If you compute the standard deviation of a data set by directly implementing the definition, you’ll need to pass through the data twice: once to find the mean, then a second time to accumulate the squared differences from the mean. But there is an equivalent algorithm that requires only one pass and that is more accurate than the most direct method. You can find the code for implementing it here.
You can also compute the higher sample moments in one pass. I’ve extended the previous code to compute skewness and kurtosis in one pass as well.
The new code also lets you split your data, say to process it in parallel on different threads, and then combine the statistics, in the spirit of map-reduce.
Lastly, I’ve posted analogous code for simple linear regression.
Boost.Accumulators does this for a whole bunch of other statistics.

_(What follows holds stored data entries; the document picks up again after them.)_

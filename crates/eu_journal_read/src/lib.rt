//! A journal from its text, line by line.
#![tactic(auto)]

mod entries;
mod faults;
mod journal;
mod law;
mod reader;
mod stages;
mod states;

pub use faults::JournalFault;
pub use journal::{Recorded, read_journal};
pub use law::{a_text_says_one_journal, journals_come_back};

BTW, your C++ code has quite a bit of room for performance improvements. The RunningStats and RunningRegression objects are 40 and 96 bytes each, and their operator+ takes both parameters by-value, rather than by-reference-to-const. Furthermore, the canonical way to overload operators is to define operator+ in terms of operator+=, instead of the other way around. This will save at least one 40 or 96 byte assignment per observation. Such can be the benefits of using libraries :-)
Why does RunningStat store both m_oldM and m_newM when, after initialization, they’re always the same between calls? Ditto m_old/newS?

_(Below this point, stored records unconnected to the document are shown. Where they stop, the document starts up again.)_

/// The sessions and the workers of a server, for how long it waits, and what a client does beside it.
type Row = (u32, u32, Waits, &'static [Step<'static>]);

/// The place of the first of these servers that goes otherwise.
fn first_wrong<
    R: Threads + Wait + Clock + Eprint + Sync + Net<Listener = TcpListener, Stream = TcpStream>,
>(rt: &R, alloc: Global, rows: &[Row]) -> Result<Option<usize>, Fault> {
    let mut number = 0usize;
    for (sessions, workers, waits, steps) in rows {
        let plan = plan(*sessions, *workers, *waits)?;
        if !plays(rt, alloc, &plan, Way::Served, steps).unwrap_or(false) {
            return Ok(Some(number));
        }
        number = number.saturating_add(1);
    }
    Ok(None)
}

/// A registration of A/i1.
pub const REGISTRATION: Text<'static> = &[
    (
        "POST /eureka/apps/a HTTP/1.1\r\nHost: x\r\nConnection: close\r\nContent-Length: 150\r\n\r\n",
        1,
    ),
    (INSTANCE, 1),
];

pub const REGISTERED: &str = "HTTP/1.1 204 No Content\r\nConnection: close\r\n\r\n";

/// A renewal of a lease that isn't there.
const RENEWAL: Text<'static> = &[(
    "PUT /eureka/apps/A/zz HTTP/1.1\r\nHost: x\r\nConnection: close\r\n\r\n",
    1,
)];

/// A look at the status page.
const LOOK: Text<'static> = &[(
    "GET /eureka/status HTTP/1.1\r\nHost: x\r\nConnection: close\r\n\r\n",
    1,
)];

/// A registration of A/i1 with a member of half a million bytes.
const LARGE: Text<'static> = &[
    (
        "POST /eureka/apps/a HTTP/1.1\r\nHost: x\r\nConnection: close\r\nContent-Length: 500157\r\n\r\n{\"instance\":{\"instanceId\":\"i1\",\"hostName\":\"h\",\"app\":\"a\",\"ipAddr\":\"10.0.0.1\",\"status\":\"UP\",\"lastDirtyTimestamp\":\"5\",\"dataCenterInfo\":{\"name\":\"MyOwn\"},\"x\":\"",
        1,
    ),
    ("0123456789", 50_000),
    ("\"}}", 1),
];

/// A hundred requests for all that is registered: what they are answered is more than the system keeps of a connection, where that is large.
const LISTS: Text<'static> = &[(LIST, 100)];

const LIST: &str = "GET /eureka/apps/ HTTP/1.1\r\nHost: x\r\n\r\n";

/// Servers whose workers are 2, 1, too few, too many and none that is needed.
const SERVED: [Row; 5] = [
    // Two clients at once.
    (
        2,
        2,
        LONG,
        &[
            Step::Connect(2),
            Step::Send(0, REGISTRATION),
            Step::Send(1, RENEWAL),
            Step::Read(0, REGISTERED),
            Step::Read(1, LAST_MISSING),
            Step::Leave(2),
        ],
    ),
    (1_100, 1, USUAL, &[Step::Ask(1_100, RENEWAL, LAST_MISSING)]),
    (1, 0, USUAL, &[Step::Ask(1, RENEWAL, LAST_MISSING)]),
    // Workers that it hasn't aren't waited for.
    (1, 1_000, USUAL, &[Step::Ask(1, RENEWAL, LAST_MISSING)]),
    (0, 2, USUAL, &[]),
];

#[test]
fn clients_are_served(rt: HostRuntime) -> Result<(), Fail> {
    assert_eq!(rt; first_wrong(&rt, rt.alloc(), SERVED.as_slice())?, None);
    Ok(())
}

/// Clients that say nothing, and one that doesn't read; another is answered soon.
const GIVEN_UP: [Row; 2] = [
    (
        3,
        2,
        (400, 1_000, 100, 65_536),
        &[
            Step::Connect(2),
            Step::Ask(1, REGISTRATION, REGISTERED),
            Step::Within(3_000),
        ],
    ),
    (
        3,
        1,
        (10_000, 300, 100, 65_536),
        &[
            Step::Ask(1, LARGE, REGISTERED),
            Step::Connect(1),
            Step::Send(0, LISTS),
            Step::Ask(1, RENEWAL, LAST_MISSING),
            Step::Within(8_000),
        ],
    ),
];

/// What a client is told whose request doesn't come in time (RFC 9110, section 15.5.9).
const SLOW: &str = "HTTP/1.1 408 Request Timeout\r\nContent-Length: 0\r\nConnection: close\r\n\r\n";

/// Half a request, after which nothing comes; and one of which a byte comes now and then: bytes don't prolong its time.
const TOO_SLOW: [Row; 2] = [
    (
        1,
        1,
        (700, 1_000, 100, 65_536),
        &[
            Step::Connect(1),
            Step::Send(0, &[("PUT /eureka/apps/A", 1)]),
            Step::Read(0, SLOW),
            Step::Within(3_000),
        ],
    ),
    (
        1,
        1,
        (700, 1_000, 100, 65_536),
        &[
            Step::Connect(1),
            Step::CutOff(0, &[("x", 1)], 150, 20),
            Step::Within(3_000),
        ],
    ),
];

#[test]
fn a_request_that_is_too_slow_is_given_up(rt: HostRuntime) -> Result<(), Fail> {
    assert_eq!(rt; first_wrong(&rt, rt.alloc(), TOO_SLOW.as_slice())?, None);
    Ok(())
}

/// What a client is told for which there is no room (RFC 9110, section 15.6.4).
const FULL: &str =
    "HTTP/1.1 503 Service Unavailable\r\nContent-Length: 0\r\nRetry-After: 30\r\nConnection: close\r\n\r\n";

/// A server with room for two connections: the next ones are told so, those that are held go on, and once they have left there is room. Who was
/// refused isn't counted as served.
#[test]
fn a_client_is_told_that_there_is_no_room(rt: HostRuntime) -> Result<(), Fail> {
    let mut plan = plan(3, 1, USUAL)?;
    plan.limits.connections = 2;
    let steps = [
        Step::Connect(2),
        Step::Sleep(500),
        Step::Ask(3, RENEWAL, FULL),
        Step::Send(0, RENEWAL),
        Step::Read(0, LAST_MISSING),
        Step::Leave(2),
        Step::Sleep(500),
        Step::Ask(1, RENEWAL, LAST_MISSING),
    ];
    assert!(rt; plays(&rt, rt.alloc(), &plan, Way::Served, steps.as_slice())?);
    Ok(())
}

#[test]
fn clients_that_do_nothing_are_given_up(rt: HostRuntime) -> Result<(), Fail> {
    assert_eq!(rt; first_wrong(&rt, rt.alloc(), GIVEN_UP.as_slice())?, None);
    Ok(())
}

/// A registration with 60,000 bytes more behind it, and a client that dribbles for a second and a half, longer than a server lingers else. Bytes
/// that come one by one count as so many, not as so many reads.
const ANSWERED: [Row; 2] = [
    (
        1,
        2,
        USUAL,
        &[
            Step::Connect(1),
            Step::Send(
                0,
                &[
                    (
                        "POST /eureka/apps/a HTTP/1.1\r\nHost: x\r\nConnection: close\r\nContent-Length: 150\r\n\r\n",
                        1,
                    ),
                    (INSTANCE, 1),
                    ("0123456789", 6_000),
                ],
            ),
            Step::Read(0, REGISTERED),
        ],
    ),
    (
        1,
        2,
        (10_000, 1_000, 40_000, 100),
        &[
            Step::Connect(1),
            Step::Send(0, RENEWAL),
            Step::Dribble(0, &[("x", 1)], 75, 20),
            Step::Read(0, LAST_MISSING),
            Step::Leave(1),
        ],
    ),
];

#[test]
fn a_client_that_sends_more_has_its_answer(rt: HostRuntime) -> Result<(), Fail> {
    assert_eq!(rt; first_wrong(&rt, rt.alloc(), ANSWERED.as_slice())?, None);
    Ok(())
}

const CUT_OFF: [Row; 3] = [
    // It sends requests, and reads no answer.
    (
        1,
        2,
        LONG,
        &[
            Step::Connect(1),
            Step::CutOff(
                0,
                &[(
                    "GET /eureka/status HTTP/1.1\r\nHost: x\r\nConnection: close\r\n\r\n",
                    1_000,
                )],
                2_000,
                0,
            ),
        ],
    ),
    // Its time is up.
    (
        1,
        2,
        USUAL,
        &[
            Step::Connect(1),
            Step::Send(0, RENEWAL),
            Step::CutOff(0, &[("x", 1)], 150, 20),
            Step::Within(1_000),
        ],
    ),
    // More comes than is dropped, long before its time is up.
    (
        1,
        2,
        (10_000, 1_000, 40_000, 20),
        &[
            Step::Connect(1),
            Step::Send(0, RENEWAL),
            Step::CutOff(0, &[("x", 1)], 150, 20),
        ],
    ),
];

#[test]
fn a_client_that_sends_on_is_cut_off(rt: HostRuntime) -> Result<(), Fail> {
    assert_eq!(rt; first_wrong(&rt, rt.alloc(), CUT_OFF.as_slice())?, None);
    Ok(())
}

/// The same renewal, by a client that keeps its connection.
const RENEW: &str = "PUT /eureka/apps/A/zz HTTP/1.1\r\nHost: x\r\n\r\n";

/// A look at an application whose name is encoded, which the pool answers, and that renewal; and what they are answered where none is registered.
const LOOK_AND_RENEWAL: &str =
    "GET /eureka/apps/%41 HTTP/1.1\r\nHost: x\r\n\r\nPUT /eureka/apps/A/zz HTTP/1.1\r\nHost: x\r\n\r\n";

const NONE_AND_MISSING: &str =
    "HTTP/1.1 404 Not Found\r\nContent-Length: 0\r\n\r\nHTTP/1.1 404 Not Found\r\nContent-Length: 0\r\n\r\n";

/// The same look alone.
const BY_CODE: &str = "GET /eureka/apps/%41 HTTP/1.1\r\nHost: x\r\n\r\n";

/// A look at one instance, which a loop answers however long it is.
const ONE: &str = "GET /eureka/apps/A/i1 HTTP/1.1\r\nHost: x\r\n\r\n";

/// A look at all instances, the last request of its connection.
const LAST_LIST: &str = "GET /eureka/apps/ HTTP/1.1\r\nHost: x\r\nConnection: close\r\n\r\n";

My new strategy for optimizing code is going to be to post it online as bait for C++ gurus on break.
So beyond streaming there are also distributed formulas for moments. This is how the moments group works for algebird (see: https://github.com/twitter/algebird/blob/develop/algebird-core/src/main/scala/com/twitter/algebird/MomentsGroup.scala)
Comparing the results of the RunningStats skewness() and Kurtosis() functions on the http://www.johndcook.com/blog/skewness_kurtosis/ page gave different results to results in Excel, and Python’s Pandas DataFrame results.
They use corrected sample rather than population formulas, so you could extend the code
double RunningStats::SkewnessCS() const
{
// Calculate the population skewness:
double g = sqrt(double(n)) * M3/ pow(M2, 1.5);
// Return the corrected sample skewness:
return sqrt( double(n*n-1))*g / double(n-2);
}
double RunningStats::KurtosisCS() const
{
// Calculate the population excess kurtosis
double g = double(n)*M4 / (M2*M2) – 3.0;
// Return the corrected sample excess kurtosis
return double(n-1) / double( (n-2)*(n-3) ) * ( double(n+1)*g + 6 );
}
Thank you James for correcting the metrics to sample instead of population!